◆ TASK DESCRIPTION: Run through the records and show each line that includes the string "ArmedFault".

== EXERCISE INPUT

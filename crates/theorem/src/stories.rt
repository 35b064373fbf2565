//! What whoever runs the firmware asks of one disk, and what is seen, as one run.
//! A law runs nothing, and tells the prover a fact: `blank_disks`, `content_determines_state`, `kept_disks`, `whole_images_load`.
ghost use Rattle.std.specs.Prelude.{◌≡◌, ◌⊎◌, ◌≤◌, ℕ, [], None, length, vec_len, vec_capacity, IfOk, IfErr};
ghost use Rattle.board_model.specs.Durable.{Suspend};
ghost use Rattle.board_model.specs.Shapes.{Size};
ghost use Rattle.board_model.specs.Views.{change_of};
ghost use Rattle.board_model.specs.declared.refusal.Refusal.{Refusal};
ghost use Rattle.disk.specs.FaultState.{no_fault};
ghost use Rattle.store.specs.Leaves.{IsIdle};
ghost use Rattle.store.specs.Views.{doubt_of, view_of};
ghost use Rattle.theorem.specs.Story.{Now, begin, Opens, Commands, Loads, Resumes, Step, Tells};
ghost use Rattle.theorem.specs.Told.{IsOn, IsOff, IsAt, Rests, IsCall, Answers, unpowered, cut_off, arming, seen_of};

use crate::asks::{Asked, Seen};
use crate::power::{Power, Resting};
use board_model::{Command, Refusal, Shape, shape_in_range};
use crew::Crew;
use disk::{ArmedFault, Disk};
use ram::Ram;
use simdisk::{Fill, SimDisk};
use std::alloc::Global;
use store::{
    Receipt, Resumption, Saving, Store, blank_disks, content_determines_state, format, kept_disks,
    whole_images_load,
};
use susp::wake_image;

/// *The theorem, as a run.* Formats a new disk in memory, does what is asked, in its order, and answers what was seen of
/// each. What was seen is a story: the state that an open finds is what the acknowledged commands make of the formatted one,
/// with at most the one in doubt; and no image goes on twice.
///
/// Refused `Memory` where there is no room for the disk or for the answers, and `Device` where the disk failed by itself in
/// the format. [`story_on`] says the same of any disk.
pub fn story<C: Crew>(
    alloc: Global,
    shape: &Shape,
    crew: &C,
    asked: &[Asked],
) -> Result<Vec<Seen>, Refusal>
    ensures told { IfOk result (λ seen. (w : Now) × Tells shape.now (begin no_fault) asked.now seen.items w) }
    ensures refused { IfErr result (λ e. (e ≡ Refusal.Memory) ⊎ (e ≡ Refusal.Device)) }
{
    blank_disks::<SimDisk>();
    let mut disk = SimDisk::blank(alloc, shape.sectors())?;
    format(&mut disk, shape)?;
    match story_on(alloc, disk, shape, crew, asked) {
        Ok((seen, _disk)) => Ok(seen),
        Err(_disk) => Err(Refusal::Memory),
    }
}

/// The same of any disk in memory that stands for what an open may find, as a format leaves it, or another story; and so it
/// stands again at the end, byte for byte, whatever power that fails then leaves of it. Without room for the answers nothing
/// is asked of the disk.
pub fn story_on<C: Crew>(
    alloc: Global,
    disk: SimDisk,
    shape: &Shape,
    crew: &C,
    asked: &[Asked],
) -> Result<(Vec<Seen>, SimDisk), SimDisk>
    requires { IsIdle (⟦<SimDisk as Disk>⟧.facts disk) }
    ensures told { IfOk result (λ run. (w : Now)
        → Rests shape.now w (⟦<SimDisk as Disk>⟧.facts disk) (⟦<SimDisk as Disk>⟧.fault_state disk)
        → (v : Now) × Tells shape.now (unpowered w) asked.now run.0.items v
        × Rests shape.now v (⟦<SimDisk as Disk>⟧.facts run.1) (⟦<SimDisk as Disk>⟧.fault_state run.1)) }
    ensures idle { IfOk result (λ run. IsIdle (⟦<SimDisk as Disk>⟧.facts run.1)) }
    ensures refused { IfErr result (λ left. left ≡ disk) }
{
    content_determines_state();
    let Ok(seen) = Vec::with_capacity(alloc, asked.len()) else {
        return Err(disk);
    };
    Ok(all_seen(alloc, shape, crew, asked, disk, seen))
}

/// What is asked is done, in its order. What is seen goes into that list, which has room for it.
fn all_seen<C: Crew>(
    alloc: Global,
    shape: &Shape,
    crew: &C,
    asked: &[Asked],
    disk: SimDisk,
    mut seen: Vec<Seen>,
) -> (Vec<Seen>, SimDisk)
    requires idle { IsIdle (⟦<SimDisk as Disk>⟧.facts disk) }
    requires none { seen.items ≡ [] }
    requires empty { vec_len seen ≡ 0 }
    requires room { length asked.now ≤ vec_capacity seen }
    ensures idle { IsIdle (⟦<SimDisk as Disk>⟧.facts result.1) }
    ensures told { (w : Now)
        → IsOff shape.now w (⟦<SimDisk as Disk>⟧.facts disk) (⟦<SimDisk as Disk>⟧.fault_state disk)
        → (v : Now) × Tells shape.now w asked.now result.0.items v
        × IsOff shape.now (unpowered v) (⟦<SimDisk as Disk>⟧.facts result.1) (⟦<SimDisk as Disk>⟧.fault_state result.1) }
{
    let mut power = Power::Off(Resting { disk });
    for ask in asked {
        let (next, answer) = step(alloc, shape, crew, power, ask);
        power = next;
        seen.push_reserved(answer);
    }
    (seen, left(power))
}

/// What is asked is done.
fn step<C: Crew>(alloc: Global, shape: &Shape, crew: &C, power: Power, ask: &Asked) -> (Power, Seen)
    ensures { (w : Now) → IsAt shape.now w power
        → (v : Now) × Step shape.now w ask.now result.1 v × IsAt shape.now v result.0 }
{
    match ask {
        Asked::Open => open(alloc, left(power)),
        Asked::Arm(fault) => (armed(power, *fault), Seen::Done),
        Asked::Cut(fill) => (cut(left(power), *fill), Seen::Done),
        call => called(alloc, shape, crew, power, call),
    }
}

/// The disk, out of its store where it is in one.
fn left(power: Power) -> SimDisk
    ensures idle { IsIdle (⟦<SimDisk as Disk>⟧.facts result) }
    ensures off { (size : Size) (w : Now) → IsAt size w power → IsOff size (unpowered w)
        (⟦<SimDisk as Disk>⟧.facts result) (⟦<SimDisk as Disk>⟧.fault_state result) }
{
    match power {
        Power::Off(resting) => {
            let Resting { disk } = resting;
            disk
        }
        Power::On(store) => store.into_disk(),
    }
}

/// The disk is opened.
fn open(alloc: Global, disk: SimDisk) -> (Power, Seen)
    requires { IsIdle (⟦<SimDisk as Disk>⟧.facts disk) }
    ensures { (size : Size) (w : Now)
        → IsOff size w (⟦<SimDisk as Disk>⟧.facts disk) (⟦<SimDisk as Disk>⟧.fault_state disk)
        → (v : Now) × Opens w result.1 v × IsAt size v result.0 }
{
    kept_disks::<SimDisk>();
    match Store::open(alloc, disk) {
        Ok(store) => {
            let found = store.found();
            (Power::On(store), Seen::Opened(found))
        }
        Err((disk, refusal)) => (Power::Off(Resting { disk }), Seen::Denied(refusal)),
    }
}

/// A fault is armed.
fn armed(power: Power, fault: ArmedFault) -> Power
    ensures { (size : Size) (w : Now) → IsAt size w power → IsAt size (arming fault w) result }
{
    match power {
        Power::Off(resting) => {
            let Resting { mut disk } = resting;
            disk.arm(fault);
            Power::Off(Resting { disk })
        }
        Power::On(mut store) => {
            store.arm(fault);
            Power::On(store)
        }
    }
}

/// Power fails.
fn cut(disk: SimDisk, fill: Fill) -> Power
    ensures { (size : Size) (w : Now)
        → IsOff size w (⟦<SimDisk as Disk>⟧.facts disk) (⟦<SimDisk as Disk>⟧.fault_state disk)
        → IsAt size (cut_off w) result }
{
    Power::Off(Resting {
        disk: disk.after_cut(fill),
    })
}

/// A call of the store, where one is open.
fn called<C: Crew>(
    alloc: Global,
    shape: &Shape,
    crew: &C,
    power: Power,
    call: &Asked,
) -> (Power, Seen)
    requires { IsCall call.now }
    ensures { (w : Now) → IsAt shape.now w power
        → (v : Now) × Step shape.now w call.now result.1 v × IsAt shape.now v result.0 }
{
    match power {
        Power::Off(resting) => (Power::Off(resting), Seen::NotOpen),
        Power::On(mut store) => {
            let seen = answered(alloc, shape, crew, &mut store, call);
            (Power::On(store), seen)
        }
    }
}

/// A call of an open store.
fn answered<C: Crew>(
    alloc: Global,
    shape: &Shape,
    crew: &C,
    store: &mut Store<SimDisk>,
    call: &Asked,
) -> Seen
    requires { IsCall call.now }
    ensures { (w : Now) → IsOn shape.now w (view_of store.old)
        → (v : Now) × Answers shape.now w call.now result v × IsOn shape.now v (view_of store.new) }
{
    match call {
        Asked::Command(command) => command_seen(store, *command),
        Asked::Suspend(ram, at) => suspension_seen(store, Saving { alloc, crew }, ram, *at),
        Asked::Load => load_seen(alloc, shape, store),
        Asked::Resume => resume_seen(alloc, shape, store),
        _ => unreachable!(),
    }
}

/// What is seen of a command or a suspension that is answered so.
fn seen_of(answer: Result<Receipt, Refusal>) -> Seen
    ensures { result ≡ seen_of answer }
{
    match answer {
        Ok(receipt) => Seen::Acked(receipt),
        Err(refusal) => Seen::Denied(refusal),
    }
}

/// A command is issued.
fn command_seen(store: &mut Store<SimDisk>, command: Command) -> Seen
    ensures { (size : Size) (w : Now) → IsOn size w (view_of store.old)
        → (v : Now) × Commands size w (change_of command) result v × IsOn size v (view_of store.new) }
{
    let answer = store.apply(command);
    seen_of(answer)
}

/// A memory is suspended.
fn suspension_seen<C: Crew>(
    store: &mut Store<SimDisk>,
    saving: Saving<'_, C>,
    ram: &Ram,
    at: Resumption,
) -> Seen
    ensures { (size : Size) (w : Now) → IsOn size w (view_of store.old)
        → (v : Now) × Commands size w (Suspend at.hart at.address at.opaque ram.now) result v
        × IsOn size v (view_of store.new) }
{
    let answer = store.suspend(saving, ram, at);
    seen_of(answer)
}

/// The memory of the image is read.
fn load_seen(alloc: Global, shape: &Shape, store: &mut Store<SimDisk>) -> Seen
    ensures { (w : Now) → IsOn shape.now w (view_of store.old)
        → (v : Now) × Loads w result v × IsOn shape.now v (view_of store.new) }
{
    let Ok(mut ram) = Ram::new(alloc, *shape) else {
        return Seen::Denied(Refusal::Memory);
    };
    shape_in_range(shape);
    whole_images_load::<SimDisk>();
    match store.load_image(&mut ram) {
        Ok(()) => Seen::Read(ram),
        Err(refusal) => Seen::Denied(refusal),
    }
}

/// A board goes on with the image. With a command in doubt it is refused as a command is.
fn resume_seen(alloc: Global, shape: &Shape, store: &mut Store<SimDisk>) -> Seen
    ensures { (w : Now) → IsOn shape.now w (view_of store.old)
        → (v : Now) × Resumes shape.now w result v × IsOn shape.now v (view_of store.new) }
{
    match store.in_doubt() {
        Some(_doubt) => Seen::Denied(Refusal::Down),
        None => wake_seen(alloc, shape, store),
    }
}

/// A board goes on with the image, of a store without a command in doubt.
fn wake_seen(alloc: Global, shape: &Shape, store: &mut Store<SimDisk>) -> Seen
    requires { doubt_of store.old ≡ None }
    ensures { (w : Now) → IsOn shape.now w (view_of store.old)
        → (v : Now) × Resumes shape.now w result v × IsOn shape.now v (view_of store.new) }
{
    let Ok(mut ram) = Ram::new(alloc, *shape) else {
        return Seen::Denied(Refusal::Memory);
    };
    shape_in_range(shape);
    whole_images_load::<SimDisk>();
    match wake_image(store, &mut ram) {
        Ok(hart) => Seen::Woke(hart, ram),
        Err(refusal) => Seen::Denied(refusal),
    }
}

====

◆ WRITTEN ANSWER:
use disk::{ArmedFault, Disk};
fn armed(power: Power, fault: ArmedFault) -> Power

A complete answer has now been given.